TASK BRIEF
Return, from the lines below, each one that includes the word "room".

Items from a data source
**********

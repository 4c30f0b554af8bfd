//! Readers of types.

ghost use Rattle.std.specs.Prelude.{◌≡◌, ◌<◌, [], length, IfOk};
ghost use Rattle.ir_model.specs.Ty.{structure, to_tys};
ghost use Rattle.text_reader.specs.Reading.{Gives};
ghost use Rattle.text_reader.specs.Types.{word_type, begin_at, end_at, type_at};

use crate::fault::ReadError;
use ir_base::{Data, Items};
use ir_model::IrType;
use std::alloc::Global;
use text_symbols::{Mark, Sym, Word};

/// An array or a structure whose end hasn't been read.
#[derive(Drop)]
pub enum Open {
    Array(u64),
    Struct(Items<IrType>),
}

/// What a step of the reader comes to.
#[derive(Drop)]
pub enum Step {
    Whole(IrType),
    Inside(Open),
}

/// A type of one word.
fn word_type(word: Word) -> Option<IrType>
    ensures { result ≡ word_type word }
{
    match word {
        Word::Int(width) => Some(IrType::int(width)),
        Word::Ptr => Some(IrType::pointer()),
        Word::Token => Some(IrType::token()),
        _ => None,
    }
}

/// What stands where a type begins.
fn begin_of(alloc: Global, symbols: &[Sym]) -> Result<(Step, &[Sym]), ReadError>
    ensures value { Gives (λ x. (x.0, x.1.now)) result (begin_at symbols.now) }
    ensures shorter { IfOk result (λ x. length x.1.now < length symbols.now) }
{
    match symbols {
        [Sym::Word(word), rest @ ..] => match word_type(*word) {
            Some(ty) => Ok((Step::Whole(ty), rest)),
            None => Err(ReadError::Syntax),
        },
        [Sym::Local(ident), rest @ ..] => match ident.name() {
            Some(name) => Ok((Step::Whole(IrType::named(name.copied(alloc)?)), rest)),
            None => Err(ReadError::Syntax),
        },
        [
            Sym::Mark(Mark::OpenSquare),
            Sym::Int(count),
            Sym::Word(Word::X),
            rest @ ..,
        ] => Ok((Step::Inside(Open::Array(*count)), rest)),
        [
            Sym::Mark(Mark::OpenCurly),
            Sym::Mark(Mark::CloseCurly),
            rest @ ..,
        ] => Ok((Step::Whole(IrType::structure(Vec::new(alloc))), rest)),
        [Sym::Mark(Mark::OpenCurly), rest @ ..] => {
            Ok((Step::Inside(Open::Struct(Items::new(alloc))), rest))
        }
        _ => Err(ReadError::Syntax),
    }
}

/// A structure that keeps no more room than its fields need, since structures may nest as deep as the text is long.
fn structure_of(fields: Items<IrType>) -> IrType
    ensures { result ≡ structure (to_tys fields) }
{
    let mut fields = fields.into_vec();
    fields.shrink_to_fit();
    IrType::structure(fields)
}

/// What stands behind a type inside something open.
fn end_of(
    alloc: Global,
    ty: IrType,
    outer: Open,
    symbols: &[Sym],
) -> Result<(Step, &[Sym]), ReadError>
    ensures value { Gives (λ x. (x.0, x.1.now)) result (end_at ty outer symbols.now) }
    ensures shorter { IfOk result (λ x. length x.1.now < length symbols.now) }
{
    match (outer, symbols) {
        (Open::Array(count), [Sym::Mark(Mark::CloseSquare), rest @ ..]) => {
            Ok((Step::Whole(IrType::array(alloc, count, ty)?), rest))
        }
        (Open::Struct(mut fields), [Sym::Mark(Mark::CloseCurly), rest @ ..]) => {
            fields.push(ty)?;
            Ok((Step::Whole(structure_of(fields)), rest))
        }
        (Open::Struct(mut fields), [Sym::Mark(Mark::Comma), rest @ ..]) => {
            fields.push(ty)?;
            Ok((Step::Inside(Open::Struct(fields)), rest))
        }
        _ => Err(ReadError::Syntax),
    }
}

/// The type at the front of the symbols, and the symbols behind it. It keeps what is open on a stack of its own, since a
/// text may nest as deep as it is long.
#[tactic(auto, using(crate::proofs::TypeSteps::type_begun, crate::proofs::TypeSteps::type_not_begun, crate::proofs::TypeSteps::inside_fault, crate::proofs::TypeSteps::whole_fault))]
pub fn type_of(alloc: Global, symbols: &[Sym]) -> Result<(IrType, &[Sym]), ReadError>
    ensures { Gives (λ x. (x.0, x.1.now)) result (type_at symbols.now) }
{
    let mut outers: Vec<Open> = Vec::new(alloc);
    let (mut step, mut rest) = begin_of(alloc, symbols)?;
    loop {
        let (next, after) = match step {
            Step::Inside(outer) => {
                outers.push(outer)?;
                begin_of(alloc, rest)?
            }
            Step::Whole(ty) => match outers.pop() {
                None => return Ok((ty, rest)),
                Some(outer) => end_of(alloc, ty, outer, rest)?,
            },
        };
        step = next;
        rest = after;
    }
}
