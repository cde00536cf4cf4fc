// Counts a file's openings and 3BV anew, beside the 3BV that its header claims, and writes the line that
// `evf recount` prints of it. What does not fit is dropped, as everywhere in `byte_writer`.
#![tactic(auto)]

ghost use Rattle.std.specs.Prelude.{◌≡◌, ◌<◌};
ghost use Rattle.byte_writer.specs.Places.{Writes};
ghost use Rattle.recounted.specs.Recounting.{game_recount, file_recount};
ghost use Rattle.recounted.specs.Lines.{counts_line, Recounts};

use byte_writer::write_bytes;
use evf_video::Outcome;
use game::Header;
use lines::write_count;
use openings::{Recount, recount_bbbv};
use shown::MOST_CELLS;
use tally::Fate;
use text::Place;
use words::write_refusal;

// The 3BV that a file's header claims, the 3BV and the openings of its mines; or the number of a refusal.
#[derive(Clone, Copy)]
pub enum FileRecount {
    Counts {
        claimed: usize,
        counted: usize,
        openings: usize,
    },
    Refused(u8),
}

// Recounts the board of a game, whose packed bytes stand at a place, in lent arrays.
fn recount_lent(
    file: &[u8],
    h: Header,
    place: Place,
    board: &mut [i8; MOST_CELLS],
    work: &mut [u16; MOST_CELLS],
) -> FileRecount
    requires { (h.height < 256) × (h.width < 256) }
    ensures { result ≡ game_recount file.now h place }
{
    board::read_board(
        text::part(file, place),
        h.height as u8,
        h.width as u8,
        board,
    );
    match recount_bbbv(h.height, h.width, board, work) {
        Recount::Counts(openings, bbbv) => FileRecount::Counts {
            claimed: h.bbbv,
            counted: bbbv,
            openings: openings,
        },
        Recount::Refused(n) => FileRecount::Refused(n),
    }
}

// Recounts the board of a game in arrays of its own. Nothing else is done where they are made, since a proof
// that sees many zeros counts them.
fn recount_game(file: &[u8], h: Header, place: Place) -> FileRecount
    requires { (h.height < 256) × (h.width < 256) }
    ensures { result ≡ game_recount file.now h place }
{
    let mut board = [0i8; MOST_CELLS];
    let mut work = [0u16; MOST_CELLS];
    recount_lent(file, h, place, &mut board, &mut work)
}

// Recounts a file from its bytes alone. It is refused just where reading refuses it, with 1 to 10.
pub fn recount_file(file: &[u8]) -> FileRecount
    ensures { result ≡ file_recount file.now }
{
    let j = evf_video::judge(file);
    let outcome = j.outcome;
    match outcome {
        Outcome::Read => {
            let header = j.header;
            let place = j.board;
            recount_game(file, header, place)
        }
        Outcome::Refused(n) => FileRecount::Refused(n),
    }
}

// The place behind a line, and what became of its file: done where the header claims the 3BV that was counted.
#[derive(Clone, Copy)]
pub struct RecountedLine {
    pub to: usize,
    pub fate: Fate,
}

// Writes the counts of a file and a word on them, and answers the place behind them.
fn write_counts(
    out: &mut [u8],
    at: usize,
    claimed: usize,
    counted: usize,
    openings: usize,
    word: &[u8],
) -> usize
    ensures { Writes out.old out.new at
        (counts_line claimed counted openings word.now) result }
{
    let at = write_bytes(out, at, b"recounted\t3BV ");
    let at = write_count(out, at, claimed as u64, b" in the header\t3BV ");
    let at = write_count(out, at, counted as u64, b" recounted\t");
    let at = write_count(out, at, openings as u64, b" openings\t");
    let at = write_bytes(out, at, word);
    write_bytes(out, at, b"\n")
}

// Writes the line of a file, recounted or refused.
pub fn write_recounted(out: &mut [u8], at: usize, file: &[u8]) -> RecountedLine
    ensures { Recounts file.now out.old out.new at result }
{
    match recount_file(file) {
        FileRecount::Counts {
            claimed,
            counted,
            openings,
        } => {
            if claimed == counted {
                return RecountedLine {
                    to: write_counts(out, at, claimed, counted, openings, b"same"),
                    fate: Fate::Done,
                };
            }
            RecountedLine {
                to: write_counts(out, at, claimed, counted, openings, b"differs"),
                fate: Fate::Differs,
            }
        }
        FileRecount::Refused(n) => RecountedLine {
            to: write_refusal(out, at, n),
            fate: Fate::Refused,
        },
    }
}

**********

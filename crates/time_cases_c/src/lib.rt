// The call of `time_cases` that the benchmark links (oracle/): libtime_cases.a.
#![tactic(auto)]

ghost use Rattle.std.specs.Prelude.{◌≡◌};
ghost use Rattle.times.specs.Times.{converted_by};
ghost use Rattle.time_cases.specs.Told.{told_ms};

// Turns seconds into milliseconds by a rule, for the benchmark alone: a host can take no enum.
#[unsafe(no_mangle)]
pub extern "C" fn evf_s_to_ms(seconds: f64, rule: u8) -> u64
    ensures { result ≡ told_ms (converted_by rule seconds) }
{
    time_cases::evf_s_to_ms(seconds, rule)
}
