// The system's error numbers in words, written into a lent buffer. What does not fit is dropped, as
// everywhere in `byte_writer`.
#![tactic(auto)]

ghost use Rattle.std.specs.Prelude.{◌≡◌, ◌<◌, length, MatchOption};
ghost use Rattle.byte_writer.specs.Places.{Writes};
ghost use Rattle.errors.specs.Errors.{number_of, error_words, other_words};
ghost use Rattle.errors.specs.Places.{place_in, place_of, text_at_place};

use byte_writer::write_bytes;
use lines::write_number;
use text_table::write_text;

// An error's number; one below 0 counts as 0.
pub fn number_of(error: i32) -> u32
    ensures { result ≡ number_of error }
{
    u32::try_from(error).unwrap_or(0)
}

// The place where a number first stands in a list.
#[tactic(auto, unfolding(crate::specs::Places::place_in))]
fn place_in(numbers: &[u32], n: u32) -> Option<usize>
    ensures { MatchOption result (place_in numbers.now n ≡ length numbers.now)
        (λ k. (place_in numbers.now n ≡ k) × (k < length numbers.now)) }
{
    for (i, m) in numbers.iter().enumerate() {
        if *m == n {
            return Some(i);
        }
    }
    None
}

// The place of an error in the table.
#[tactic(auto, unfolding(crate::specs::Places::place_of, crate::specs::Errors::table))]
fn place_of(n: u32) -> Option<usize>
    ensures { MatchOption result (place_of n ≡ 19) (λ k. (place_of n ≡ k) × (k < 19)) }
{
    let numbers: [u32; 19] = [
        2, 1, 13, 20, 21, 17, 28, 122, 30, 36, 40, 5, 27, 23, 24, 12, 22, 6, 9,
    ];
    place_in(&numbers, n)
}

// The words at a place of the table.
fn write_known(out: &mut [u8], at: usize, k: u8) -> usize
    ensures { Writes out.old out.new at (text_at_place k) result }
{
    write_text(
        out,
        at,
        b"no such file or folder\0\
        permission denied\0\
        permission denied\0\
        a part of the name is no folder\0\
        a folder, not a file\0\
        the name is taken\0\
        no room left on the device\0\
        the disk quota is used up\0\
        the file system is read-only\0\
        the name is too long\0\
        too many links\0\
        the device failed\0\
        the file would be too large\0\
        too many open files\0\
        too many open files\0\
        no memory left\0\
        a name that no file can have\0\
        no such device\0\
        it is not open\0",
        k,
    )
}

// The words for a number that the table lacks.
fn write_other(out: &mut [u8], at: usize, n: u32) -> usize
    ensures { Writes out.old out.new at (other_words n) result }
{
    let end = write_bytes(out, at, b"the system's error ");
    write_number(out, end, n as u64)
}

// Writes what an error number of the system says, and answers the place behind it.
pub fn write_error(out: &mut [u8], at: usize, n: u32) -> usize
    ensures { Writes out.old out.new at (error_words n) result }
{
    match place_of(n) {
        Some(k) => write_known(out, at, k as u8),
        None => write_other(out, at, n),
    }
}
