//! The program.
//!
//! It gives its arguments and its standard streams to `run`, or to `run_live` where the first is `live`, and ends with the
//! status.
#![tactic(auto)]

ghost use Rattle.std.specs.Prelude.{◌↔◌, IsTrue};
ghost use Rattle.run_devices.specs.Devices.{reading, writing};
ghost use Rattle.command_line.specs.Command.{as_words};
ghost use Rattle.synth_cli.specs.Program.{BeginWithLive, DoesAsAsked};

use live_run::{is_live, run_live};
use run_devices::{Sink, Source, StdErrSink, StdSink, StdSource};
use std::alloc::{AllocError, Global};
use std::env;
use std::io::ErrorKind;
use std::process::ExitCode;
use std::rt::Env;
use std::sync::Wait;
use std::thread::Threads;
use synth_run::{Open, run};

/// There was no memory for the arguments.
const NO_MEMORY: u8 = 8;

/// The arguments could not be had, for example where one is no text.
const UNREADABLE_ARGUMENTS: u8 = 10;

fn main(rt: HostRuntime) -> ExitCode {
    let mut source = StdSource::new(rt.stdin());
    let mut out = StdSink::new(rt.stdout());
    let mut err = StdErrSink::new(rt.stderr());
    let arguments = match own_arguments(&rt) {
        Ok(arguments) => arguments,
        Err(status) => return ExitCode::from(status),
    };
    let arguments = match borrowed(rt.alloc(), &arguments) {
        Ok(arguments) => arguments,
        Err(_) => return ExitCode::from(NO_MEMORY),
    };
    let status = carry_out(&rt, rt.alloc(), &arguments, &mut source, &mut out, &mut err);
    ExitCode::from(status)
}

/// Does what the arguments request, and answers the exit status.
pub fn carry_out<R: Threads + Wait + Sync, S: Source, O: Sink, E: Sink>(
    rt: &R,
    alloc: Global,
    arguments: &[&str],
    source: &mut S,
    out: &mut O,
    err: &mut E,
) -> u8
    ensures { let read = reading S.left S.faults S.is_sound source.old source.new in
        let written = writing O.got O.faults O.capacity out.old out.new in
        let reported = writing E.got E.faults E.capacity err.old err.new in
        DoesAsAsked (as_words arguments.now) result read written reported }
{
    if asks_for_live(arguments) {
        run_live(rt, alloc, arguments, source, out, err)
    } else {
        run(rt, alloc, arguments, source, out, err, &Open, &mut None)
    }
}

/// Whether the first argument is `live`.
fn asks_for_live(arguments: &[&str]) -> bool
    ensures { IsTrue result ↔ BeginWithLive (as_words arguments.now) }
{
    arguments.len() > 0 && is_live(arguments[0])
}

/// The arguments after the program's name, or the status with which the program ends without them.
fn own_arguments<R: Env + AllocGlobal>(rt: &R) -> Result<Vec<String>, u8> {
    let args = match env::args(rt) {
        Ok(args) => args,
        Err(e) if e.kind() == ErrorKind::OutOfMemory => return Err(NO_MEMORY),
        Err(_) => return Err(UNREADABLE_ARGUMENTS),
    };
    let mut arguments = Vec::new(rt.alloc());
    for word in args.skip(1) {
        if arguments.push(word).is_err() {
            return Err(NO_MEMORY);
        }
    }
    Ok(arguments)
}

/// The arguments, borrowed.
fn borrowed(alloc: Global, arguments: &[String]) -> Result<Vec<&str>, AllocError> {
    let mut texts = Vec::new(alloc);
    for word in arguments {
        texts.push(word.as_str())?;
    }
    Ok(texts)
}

**********

COMPLETED TASK
/// A structure that keeps no more room than its fields need, since structures may nest as deep as the text is long.
        no room left on the device\0\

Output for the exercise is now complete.